> [Work task]
Tell how many lines below include the word "FeedsLink". Only the number should appear.

> [Task inputs]

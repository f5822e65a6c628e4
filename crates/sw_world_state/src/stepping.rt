//! Steps.
ghost use Rattle.std.specs.Prelude.{◌≡◌, OnOk};
ghost use Rattle.sw_step.specs.declared.step.Step.TheVariants.{Turn};
ghost use Rattle.sw_world_state.specs.Steps.{Turns, Steps, MayGo, MayStep};

use crate::state::State;
use std::alloc::Global;
use sw_base::OutOfMemory;
use sw_handler::Handler;
use sw_link::LinkStep;
use sw_step::{ActorId, Step};
use sw_world_places::Gets;

impl<H: Handler, T: Handler> State<H, T> {
    /// One step. A link or an actor that isn't there does nothing. Want of memory is an answer at any step, and no step may follow it.
    pub fn step(&mut self, alloc: Global, step: Step) -> Result<(), OutOfMemory>
        requires { MayStep self.old }
        ensures { OnOk result (Steps H.acts T.acts self.old step self.new) }
    {
        match step {
            Step::Arrive(ip) => self.front.arrive(alloc, ip),
            Step::Piece(link, bytes) => self.script(link, LinkStep::Piece(bytes)),
            Step::End(link) => self.script(link, LinkStep::End),
            Step::Wait(link, n) => self.script(link, LinkStep::Wait(n)),
            Step::Room(link, n) => self.script(link, LinkStep::Room(n)),
            Step::FailRead(link, n) => self.script(link, LinkStep::FailRead(n)),
            Step::FailWrite(link, n) => self.script(link, LinkStep::FailWrite(n)),
            Step::NetEnd => {
                self.front.end();
                Ok(())
            }
            Step::Turn(actor) => self.go(alloc, actor),
        }
    }

    /// An actor makes the pipe call that it asked for, or else its next turn.
    fn go(&mut self, alloc: Global, actor: ActorId) -> Result<(), OutOfMemory>
        requires { MayStep self.old }
        ensures { OnOk result (Steps H.acts T.acts self.old (Turn actor) self.new) }
    {
        match self.places.number_of(actor) {
            None => Ok(()),
            Some(at) => match self.places.go(at) {
                None => Ok(()),
                Some(got) => self.turn(alloc, actor, at, got),
            },
        }
    }

    fn turn(
        &mut self,
        alloc: Global,
        actor: ActorId,
        at: usize,
        got: Gets,
    ) -> Result<(), OutOfMemory>
        requires { MayGo actor at self.old got }
        ensures { OnOk result (Turns H.acts T.acts actor at self.old got self.new) }
    {
        self.board.turn_of(at as u32);
        let ask = self.ask(alloc, actor, got)?;
        self.places.asks(at, ask);
        Ok(())
    }
}
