//! A turn of one actor.
ghost use Rattle.std.specs.Prelude.{◌≡◌, IfOk};
ghost use Rattle.sw_step.specs.declared.actor.ActorId.TheVariants.{Door, Reactor, Worker, Tasker};
ghost use Rattle.sw_world_state.specs.Turning.{TurnsAs, MayTurnAs};

use crate::feeding::feed_taken;
use crate::state::State;
use std::alloc::Global;
use sw_base::OutOfMemory;
use sw_handler::Handler;
use sw_step::ActorId;
use sw_world_places::{Asks, Gets};

impl<H: Handler, T: Handler> State<H, T> {
    /// The turn of an actor that is there; `OutOfMemory` also where a handler found none.
    pub fn ask(&mut self, alloc: Global, actor: ActorId, got: Gets) -> Result<Asks, OutOfMemory>
        requires { MayTurnAs actor self.old got }
        ensures turns { IfOk result (λ ask. TurnsAs H.acts T.acts actor self.old got ask self.new) }
        ensures places { self.new.places ≡ self.old.places }
    {
        match actor {
            ActorId::Door => Ok(self.front.turn(got, &mut self.book, &mut self.board)),
            ActorId::Reactor(n) => self.reactor_turn(alloc, n as usize, got),
            ActorId::Worker(n) => self.worker_turn(alloc, n as usize, got),
            ActorId::Tasker(n) => self.tasker_turn(alloc, n as usize, got),
        }
    }

    fn reactor_turn(&mut self, alloc: Global, n: usize, got: Gets) -> Result<Asks, OutOfMemory>
        requires { MayTurnAs (Reactor n) self.old got }
        ensures turns { IfOk result (λ ask. TurnsAs H.acts T.acts (Reactor n) self.old got ask self.new) }
        ensures places { self.new.places ≡ self.old.places }
    {
        self.reactors.make_room(n)?;
        let made = feed_taken(alloc, &mut self.front, got)?;
        Ok(
            self.reactors
                .turn(alloc, n, made, &mut self.book, &mut self.board),
        )
    }

    fn worker_turn(&mut self, alloc: Global, n: usize, got: Gets) -> Result<Asks, OutOfMemory>
        requires { MayTurnAs (Worker n) self.old got }
        ensures turns { IfOk result (λ ask. TurnsAs H.acts T.acts (Worker n) self.old got ask self.new) }
        ensures places { self.new.places ≡ self.old.places }
    {
        let ask = self.crew.workers.turn(
            alloc,
            n,
            got,
            &mut self.book,
            &mut self.shelf,
            &mut self.board,
        );
        if self.crew.workers.lost(n) {
            return Err(OutOfMemory);
        }
        Ok(ask)
    }

    fn tasker_turn(&mut self, alloc: Global, n: usize, got: Gets) -> Result<Asks, OutOfMemory>
        requires { MayTurnAs (Tasker n) self.old got }
        ensures turns { IfOk result (λ ask. TurnsAs H.acts T.acts (Tasker n) self.old got ask self.new) }
        ensures places { self.new.places ≡ self.old.places }
    {
        let ask = self.crew.taskers.turn(
            alloc,
            n,
            got,
            &mut self.book,
            &mut self.shelf,
            &mut self.board,
        );
        if self.crew.taskers.lost(n) {
            return Err(OutOfMemory);
        }
        Ok(ask)
    }
}
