//! A link that comes to its reactor is given the steps that were kept for it.
ghost use Rattle.std.specs.Prelude.{◌≡◌, IfOk, OnOk};
ghost use Rattle.sw_world_whole.specs.Scripts.{fed};
ghost use Rattle.sw_world_state.specs.Feeding.{FeedsLink, FeedsMessage, FeedsTaken};

use std::alloc::Global;
use sw_base::{OutOfMemory, Session};
use sw_data::{Got, Msg};
use sw_link::{LinkStep, MemoryLink};
use sw_port_book::Ticketed;
use sw_world_front::Front;
use sw_world_places::{Gets, Message};

/// What a turn begins with: a link that was taken has what was kept for it.
pub fn feed_taken(alloc: Global, front: &mut Front, got: Gets) -> Result<Gets, OutOfMemory>
    ensures { IfOk result (λ made. FeedsTaken front.old got made front.new) }
{
    match got {
        Got::Took(message) => {
            let message = feed_message(alloc, front, message)?;
            Ok(Got::Took(message))
        }
        Got::Start => Ok(Got::Start),
        Got::Empty => Ok(Got::Empty),
        Got::Pushed => Ok(Got::Pushed),
        Got::Full(message) => Ok(Got::Full(message)),
        Got::Nothing => Ok(Got::Nothing),
    }
}

fn feed_message(alloc: Global, front: &mut Front, message: Message) -> Result<Message, OutOfMemory>
    ensures { IfOk result (λ m. FeedsMessage front.old message m front.new) }
{
    match message {
        Msg::Fresh(link, ip, ticket) => {
            let link = feed_link(alloc, front, link, ticket.session())?;
            Ok(Msg::Fresh(link, ip, ticket))
        }
        Msg::Send(session, bytes) => Ok(Msg::Send(session, bytes)),
        Msg::Close(session) => Ok(Msg::Close(session)),
        Msg::Reset(session) => Ok(Msg::Reset(session)),
        Msg::Bye(session) => Ok(Msg::Bye(session)),
        Msg::Event(event) => Ok(Msg::Event(event)),
        Msg::Over(id) => Ok(Msg::Over(id)),
        Msg::NoMore => Ok(Msg::NoMore),
    }
}

fn feed_link(
    alloc: Global,
    front: &mut Front,
    link: MemoryLink,
    session: Session,
) -> Result<MemoryLink, OutOfMemory>
    ensures { IfOk result (λ m. FeedsLink front.old session link m front.new) }
{
    let mut link = link;
    let steps = front.take_ahead(alloc, session);
    add_all(&mut link, steps)?;
    Ok(link)
}

/// Adds steps to a link's script, in order.
#[tactic(auto, using(crate::proofs::Adding::from_last))]
fn add_all(link: &mut MemoryLink, steps: Vec<LinkStep>) -> Result<(), OutOfMemory>
    ensures { OnOk result (link.new ≡ fed steps.items link.old) }
{
    let mut steps = steps;
    steps.reverse();
    while let Some(step) = steps.pop() {
        link.add(step)?;
    }
    Ok(())
}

> [Task output]
2